Over the past century and a half, the hydrology of the Laguna de Santa Rosa watershed has been altered by a variety land use changes, including urbanization, agricultural development, draining and filling of wetlands, and channelization of streams. These changes have impacted the function of the Laguna and Mark West Creek and contributed to a range of contemporary management problems, including habitat degradation, impaired water quality, altered sediment dynamics, salmonid stranding, flooding, and trash accumulation. In the downstream portion of the watershed, major changes in the historical channel alignment of lower Mark West Creek have altered flow and sediment dynamics in both Mark West Creek and the Laguna.
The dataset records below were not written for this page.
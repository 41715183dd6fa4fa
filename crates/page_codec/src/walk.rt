ghost use Rattle.std.specs.Prelude.{◌≡◌, ◌≤◌, ◌<◌, ◌+◌, ◌^◌, drop, length, slice_index_or, IfSome};
ghost use Rattle.dag_core.specs.Members.{group_at};
ghost use Rattle.page_codec.specs.PageLinks.{IsIndexOf, next_in, next_on};

use crate::page_indexes::PageIndex;
use dag_core::{Group, Heads};

/// Returns the first group on the page from group `from` on, or the number of groups.
#[tactic(auto, unfolding(crate::specs::PageLinks::next_on))]
fn scan(groups: &[Group], page: u32, from: u32) -> u32
    requires group_limit { length groups.now < 2 ^ 32 }
    requires from_range { from ≤ length groups.now }
    ensures group { result ≡ next_on groups.now page from }
{
    'groups: for g in from as usize..groups.len() {
        if groups[g].page == page {
            return g as u32;
        }
    }
    groups.len() as u32
}

/// Returns the first group on the page, or the number of groups.
pub(crate) fn first_group(heads: &Heads, index: Option<&PageIndex>, page: u32) -> u32
    requires group_limit { length heads.now.groups < 2 ^ 32 }
    requires page_range { page < heads.now.pages }
    requires index { IfSome index (λ links. IsIndexOf heads.now links.now) }
    ensures group { result ≡ next_on heads.now.groups page 0 }
{
    match index {
        Some(links) => links.first(page),
        None => scan(heads.groups.as_slice(), page, 0),
    }
}

/// Returns the next group after this one on its page, or the number of groups.
pub(crate) fn next_group(heads: &Heads, index: Option<&PageIndex>, group: u32) -> u32
    requires group_limit { length heads.now.groups < 2 ^ 32 }
    requires group_range { group < length heads.now.groups }
    requires index { IfSome index (λ links. IsIndexOf heads.now links.now) }
    ensures group { result ≡ next_on heads.now.groups (group_at heads.now group).page (group + 1) }
{
    match index {
        Some(links) => links.next(group),
        None => {
            let groups = heads.groups.as_slice();
            scan(groups, groups[group as usize].page, group + 1)
        }
    }
}
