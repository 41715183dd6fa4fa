use crate::directory_rows::{TWO_SQUARES, directory};
use page_codec::{
    Header, decode_directory, decode_header, directory_digest, encode_directory, encode_header,
    page_at,
};
use std::test::Fail;
use two_squares::two_squares_heads;

/// The first 64 bytes of the file.
const HEADER: &str =
    "47454f5041474553010000000300000004000000030000000100000008000000ebdb05db4982979b5be5d35bb1bb355d3a9848cdd7f8bd0919c6fe0053ba01ed";

#[test]
fn the_header_is_spelt(rt: HostRuntime) -> Result<(), Fail> {
    let directory = directory(rt.alloc())?;
    let header = Header {
        version: 1,
        counts: TWO_SQUARES,
        digest: directory_digest(1, &TWO_SQUARES, &directory),
    };
    let bytes = encode_header(&header);
    let told = hex::encode(rt.alloc(), bytes).map_err(|_| "memory")?;
    assert!(rt; told.as_str() == HEADER, "{told}");
    assert!(rt; decode_header(&bytes) == header);
    Ok(())
}

#[test]
fn pages_begin_after_the_directory(rt: HostRuntime) -> Result<(), Fail> {
    // the place after the last page is the file's length
    let rows = [(0, 324), (1, 65_860), (2, 131_396), (3, 196_932)];
    for (page, place) in rows {
        assert!(rt; page_at(&TWO_SQUARES, page) == place, "{page}");
    }
    Ok(())
}

#[test]
fn the_directory_reads_back(rt: HostRuntime) -> Result<(), Fail> {
    let bytes = directory(rt.alloc())?;
    if bytes.len() != 260 {
        return Err("another length".into());
    }
    let Ok(found) = decode_directory(rt.alloc(), &bytes, &TWO_SQUARES) else {
        return Err("refused".into());
    };
    let heads = two_squares_heads(rt.alloc()).map_err(|_| "memory")?;
    assert!(rt; found.heads == heads);
    let again = encode_directory(rt.alloc(), &found).map_err(|_| "memory")?;
    assert!(rt; again == bytes);
    Ok(())
}
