ghost use Rattle.std.specs.Prelude.{◌≡◌, ◌≤◌, [], ◌∷◌, OnOk, IfSome, IfNone, All};
ghost use Rattle.std.specs.List.Sorted.{IsPermutation};

use geom_core::Memory;
use std::alloc::Global;
use std::cmp::Reverse;
use std::collections::BinaryHeap;
use std::marker::Model;

/// A priority queue of numbers, the least first. A contract sees the list of the numbers, in any order.
#[derive(Drop)]
pub(crate) struct MinQueue {
    heap: BinaryHeap<Reverse<u32>>,
}

impl Model for MinQueue {
    ghost use Rattle.std.specs.Prelude.{List, ℕ, map};
    ghost use Rattle.std.specs.BinaryHeap.{IsHeap, heap_items};
    ghost use Rattle.std.specs.Ordering.{nat_cmp};

    ghost Value = { List ℕ };

    ghost view = { λ q. map (λ x. x.0) (heap_items q.heap) };

    ghost invariant = { λ q. IsHeap (λ x y. nat_cmp y.0 x.0) (heap_items q.heap) };
}

impl MinQueue {
    /// The empty queue. Takes no memory.
    pub fn new(alloc: Global) -> MinQueue
        ensures { result ≡ [] }
    {
        MinQueue {
            heap: BinaryHeap::new(alloc),
        }
    }

    /// Inserts a number.
    pub fn push(&mut self, number: u32) -> Result<(), Memory>
        ensures { OnOk result (IsPermutation (number ∷ self.old) self.new) }
    {
        self.heap.push(Reverse(number))?;
        Ok(())
    }

    /// Removes the least number and returns it.
    pub fn pop(&mut self) -> Option<u32>
        ensures taken { IfSome result (λ number. IsPermutation self.old (number ∷ self.new)) }
        ensures least { IfSome result (λ number. All (λ other. number ≤ other) self.old) }
        ensures empty { IfNone result (self.old ≡ []) }
        ensures stays { IfNone result (self.new ≡ []) }
    {
        let Reverse(number) = self.heap.pop()?;
        Some(number)
    }

    /// Removes all numbers.
    pub fn clear(&mut self)
        ensures { self.new ≡ [] }
    {
        self.heap.clear();
    }
}
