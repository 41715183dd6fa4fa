ghost use Rattle.std.specs.Prelude.{◌≡◌, ◌<◌, ◌⊎◌, ℕ, Bool, List, [], length, slice_index_or, All, Contains, IfNone, IfOk, IfSome, OnOk};
ghost use Rattle.partition.specs.Internal.Frontiers.{AreCursors, HasLeastOfEach, AddsNeighbours, HasLeastOf, IsLeastLeft, IsPassed, Keeps, KeepsLeft, NoneLeft};
ghost use Rattle.partition.specs.Internal.EdgesOfItem.{ListsEdges};
ghost use Rattle.partition.specs.Internal.SharedEdges.{IsSharedEdge};

use crate::edges_of_item::EdgesOfItem;
use crate::min_queue::MinQueue;
use crate::shared_edges::SharedEdges;
use geom_core::Memory;
use std::alloc::Global;

/// The candidates for the next item: of each shared edge that touches the present batch, the least item that
/// isn't placed.
///
/// A shared edge gives its next candidate when one of its items is placed, and its cursor only moves on. An
/// item that has been placed meanwhile stays in the queue until it is popped.
#[derive(Drop)]
pub(crate) struct Frontier {
    /// For each shared edge, how many of its first items are known to be placed.
    pub cursors: Vec<usize>,
    /// The candidates, and items that have been placed meanwhile.
    pub queue: MinQueue,
}

/// Moves the cursor past placed items, and returns the item there: the least that isn't placed.
fn least_left(items: &[u32], cursor: &mut usize, placed: &[bool]) -> Option<u32>
    requires edge { IsSharedEdge (length placed.now) items.now }
    requires passed { IsPassed items.now placed.now cursor.old }
    ensures passed { IsPassed items.now placed.now cursor.new }
    ensures least { IfSome result (IsLeastLeft items.now placed.now) }
    ensures none_left { IfNone result (NoneLeft items.now placed.now) }
{
    while let Some(item) = items.get(*cursor) {
        if !placed[*item as usize] {
            return Some(*item);
        }
        *cursor += 1;
    }
    None
}

impl Frontier {
    /// The frontier of an empty batch.
    pub fn new(alloc: Global, shared: &SharedEdges) -> Result<Frontier, Memory>
        ensures cursors { IfOk result (λ frontier. (placed : List Bool) →
            AreCursors shared.now placed frontier.cursors.items) }
        ensures queue { IfOk result (λ frontier. frontier.queue ≡ []) }
    {
        Ok(Frontier {
            cursors: vec![in alloc; 0; shared.len()]?,
            queue: MinQueue::new(alloc),
        })
    }

    /// Queues the least item of the shared edge that isn't placed, if there is one.
    fn push_least(
        &mut self,
        shared: &SharedEdges,
        edge: usize,
        placed: &[bool],
    ) -> Result<(), Memory>
        requires shared { All (IsSharedEdge (length placed.now)) shared.now }
        requires edge { edge < length shared.now }
        requires cursors { AreCursors shared.now placed.now self.old.cursors.items }
        ensures cursors { OnOk result (AreCursors shared.now placed.now self.new.cursors.items) }
        ensures least_queued { OnOk result
            (HasLeastOf (slice_index_or shared.now edge []) placed.now self.new.queue) }
        ensures keeps { OnOk result (Keeps self.old.queue self.new.queue) }
        ensures adds { OnOk result ((item : ℕ) → Contains self.new.queue item →
            Contains self.old.queue item ⊎ Contains (slice_index_or shared.now edge []) item) }
    {
        match least_left(shared.items_on(edge), &mut self.cursors[edge], placed) {
            Some(item) => self.queue.push(item),
            None => Ok(()),
        }
    }

    /// Queues the least item that isn't placed of each shared edge that has the item.
    pub fn push_least_of_each(
        &mut self,
        shared: &SharedEdges,
        edges_of_item: &EdgesOfItem,
        item: u32,
        placed: &[bool],
    ) -> Result<(), Memory>
        requires shared { All (IsSharedEdge (length placed.now)) shared.now }
        requires edges_of_item { ListsEdges shared.now (length placed.now) edges_of_item.now }
        requires item { item < length placed.now }
        requires cursors { AreCursors shared.now placed.now self.old.cursors.items }
        ensures cursors { OnOk result (AreCursors shared.now placed.now self.new.cursors.items) }
        ensures least_queued { OnOk result (HasLeastOfEach shared.now placed.now self.new.queue item) }
        ensures keeps { OnOk result (Keeps self.old.queue self.new.queue) }
        ensures adds { OnOk result
            (AddsNeighbours shared.now item self.old.queue self.new.queue) }
    {
        let mut next = edges_of_item.last[item as usize];
        while let Some(place) = next {
            let item_edge = edges_of_item.item_edges[place];
            self.push_least(shared, item_edge.edge, placed)?;
            next = item_edge.previous;
        }
        Ok(())
    }

    /// Removes items up to the least one that isn't placed, and returns that one.
    pub fn pop(&mut self, placed: &[bool]) -> Option<u32>
        requires { All (λ item. item < length placed.now) self.old.queue }
        ensures least { IfSome result (IsLeastLeft self.old.queue placed.now) }
        ensures rest { IfSome result (λ item.
            KeepsLeft placed.now item self.old.queue self.new.queue) }
        ensures none_left { IfNone result (NoneLeft self.old.queue placed.now) }
        ensures from { Keeps self.new.queue self.old.queue }
        ensures cursors { self.new.cursors ≡ self.old.cursors }
    {
        while let Some(item) = self.queue.pop() {
            if !placed[item as usize] {
                return Some(item);
            }
        }
        None
    }
}
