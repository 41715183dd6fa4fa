ghost use Rattle.std.specs.Prelude.{◌≡◌, List};
ghost use Rattle.std.specs.Cmp.{partial_equiv_from_equiv};
ghost use Rattle.std.specs.Cmp.Lexicographic.{lists_equiv, pointwise};
ghost use Rattle.geom_core.specs.contracts.triangles.TaggedEq.TheImpl.Laws.{laws-law};
ghost use Rattle.geom_core.specs.declared.triangles.Tagged.{Tagged};

use crate::triangles::Tagged;
use std::marker::Model;

/// A list of triangles, each with the index of its source triangle. Contracts see the list itself.
///
/// Simplified lists, the clusters of a DAG and the clusters of a page are this type.
#[derive(Debug, Drop)]
pub struct TaggedTris {
    items: Vec<Tagged>,
}

impl Model for TaggedTris {
    ghost Value = { List Tagged };

    ghost view = { λ tris. tris.items.items };
}

impl PartialEq for TaggedTris {
    ghost eq = { pointwise ⟦<Tagged as PartialEq>⟧.eq };

    ghost laws = { partial_equiv_from_equiv (lists_equiv laws-law) };

    fn eq(&self, other: &TaggedTris) -> bool {
        self.items == other.items
    }
}

impl Eq for TaggedTris {
    ghost laws = { lists_equiv laws-law };
}

impl TaggedTris {
    /// Returns the list of the vector's triangles, without allocating.
    pub fn of(items: Vec<Tagged>) -> TaggedTris
        ensures { result ≡ items.items }
    {
        TaggedTris { items }
    }

    /// The triangles, in order.
    pub fn as_slice(&self) -> &[Tagged]
        ensures { result.now ≡ self.now }
    {
        self.items.as_slice()
    }

    /// Returns the vector that holds the triangles, without allocating.
    pub fn into_vec(self) -> Vec<Tagged>
        ensures { result.items ≡ self }
    {
        let TaggedTris { items } = self;
        items
    }
}

#[cfg(test)]
mod tests {
    use super::*;
    use crate::{Pt, Tri};
    use std::test::Fail;

    fn is_shared<T: Send + Sync>(_value: &T) -> bool {
        true
    }

    /// The origin three times, from this source triangle.
    fn point_from(source: u32) -> Tagged {
        let origin = Pt { x: 0, y: 0, z: 0 };
        let tri = Tri {
            a: origin,
            b: origin,
            c: origin,
        };
        Tagged { tri, source }
    }

    #[test]
    fn triangles_go_in_and_come_out(rt: HostRuntime) -> Result<(), Fail> {
        let tris = TaggedTris::of(vec![in rt.alloc(); point_from(2), point_from(0)]?);
        assert!(rt; is_shared(&tris));
        assert_eq!(rt; tris.as_slice(), [point_from(2), point_from(0)].as_slice());

        let same = TaggedTris::of(vec![in rt.alloc(); point_from(2), point_from(0)]?);
        let other = TaggedTris::of(vec![in rt.alloc(); point_from(2), point_from(1)]?);
        assert_eq!(rt; tris, same);
        assert!(rt; tris != other);
        assert_eq!(rt;
            tris.into_vec().as_slice(),
            [point_from(2), point_from(0)].as_slice()
        );
        Ok(())
    }
}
This study reconstructed the historical channel alignment of lower Mark West Creek, lower Laguna de Santa Rosa, and surrounding tributaries during the mid-19th century, and documented major changes in channel alignment over the past 150 years. In the mid-19th century, lower Mark West Creek flowed
northwest across the Santa Rosa Plain to its confluence with the Laguna de Santa Rosa. Between the late-19th century and the mid-20th century, a series of diversions (possibly combined with natural course shifts) caused the channel to move progressively further to the south. Today, the Laguna-Mark West Creek confluence is located approximately two miles south of the historical confluence. Over this same period, portions of lower Laguna de Santa Rosa and many smaller tributaries were channelized.
The Laguna de Santa Rosa (Laguna) watershed spans 256 square miles and supports a unique complex of biologically diverse ecosystems. Containing the urban centers of Santa Rosa, Sebastopol, Cotati, Rohnert Park, and Windsor, the Laguna watershed encompasses one of the largest floodplains in California. Historically the Laguna watershed supported a diverse ecosystem consisting of oak savanna/vernal pool complexes, riparian forest, emergent and off channel wetlands, and open water.